Does such a group exist? A group with infinite normal subgroups:
$G\varsupsetneqq G_{E}\varsupsetneqq G_{1}\varsupsetneqq G_{2}\varsupsetneqq....$
such that there exist a subset $B\subset G$ satisfying:
1) $\forall x,y\in B\,\, x\neq y\Rightarrow x\cdot y^{-1}\notin G_{E}$
2) $\forall n\in\mathbb{N}$  $G/G_{n}=\{{\overline{x}\cdot\overline{y}\cdot\overline{z}\,|\, x,y,z\in B\}}$
 A: $\mathbb Z \times \mathbb Z$ will do. Take $G_E$ to consist of the elements whose first coordinate is $0$ and $G_n$ to be the subgroup of multiples of $2^n$ inside $G_E$. What $G_n$ are is immaterial, since we will make $G$ itself be covered by $\{x\cdot y\cdot z| x,y,z\in B\}$.

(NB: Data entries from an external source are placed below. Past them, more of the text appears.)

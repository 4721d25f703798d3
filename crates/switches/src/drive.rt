ghost use Rattle.std.specs.Prelude.{◌≡◌};
ghost use Rattle.switches.specs.Drive.{drive, word_at};
ghost use Rattle.std.proofs.Common.{rules};

use crate::held::Held;
use crate::switch::Switch;

// The one word that closes the contact, and the word that an opening writes.
pub const CLOSED_WORD: u16 = 0x00FF;

pub const OPEN_WORD: u16 = 0xFF00;

// A contact worked through a drive's control word. Every word but one means open. It is always free, and
// ticks mean nothing to it.
#[derive(Clone, Copy)]
pub struct DriveWord {
    word: u16,
}

impl DriveWord {
    // A drive with its word as it is found.
    pub fn new(word: u16) -> DriveWord
        ensures { result ≡ word_at word }
    {
        DriveWord { word }
    }

    // The word to send to the drive.
    pub fn word(&self) -> u16
        ensures { result ≡ self.now.word }
    {
        self.word
    }
}

impl Switch for DriveWord {
    ghost model = { drive };

    ghost tick_never_closes = { Prim.search rules };

    ghost free_closes = { Prim.search rules };

    ghost open_opens = { Prim.search rules };

    ghost closed_is_free = { Prim.search rules };

    fn tick(&mut self, time: u64) {
        let _ = time;
    }

    fn close(&mut self) -> Result<(), Held> {
        self.word = CLOSED_WORD;
        Ok(())
    }

    fn open(&mut self) {
        self.word = OPEN_WORD;
    }

    fn is_closed(&self) -> bool {
        self.word == CLOSED_WORD
    }

    fn is_free(&self) -> bool {
        true
    }
}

We will do this by building up $B$ step-by-step. At any given time, it contains finitely many elements. Choose some element of $G$ that is not in $\{x\cdot y\cdot z| x,y,z\in B\}$. We will add $3$ elements to $B$ so that it is. We can do this while preserving the property (1), since that just means that the first coordinates of all the elements are different. So choose two very large positive first coordinates, and then a third very large negative first coordinate so that they add up to the desired value. If they are sufficiently large they will not intersect past first coordinates. Then choose second coordinates in any way that adds up to the desired value.
Repeat this process until every element of $G$ is covered. Then clearly $G/G_n$ is covered as well.
This should work any time $G/G_E$ is infinite (of at least the cardinality of $G_E$).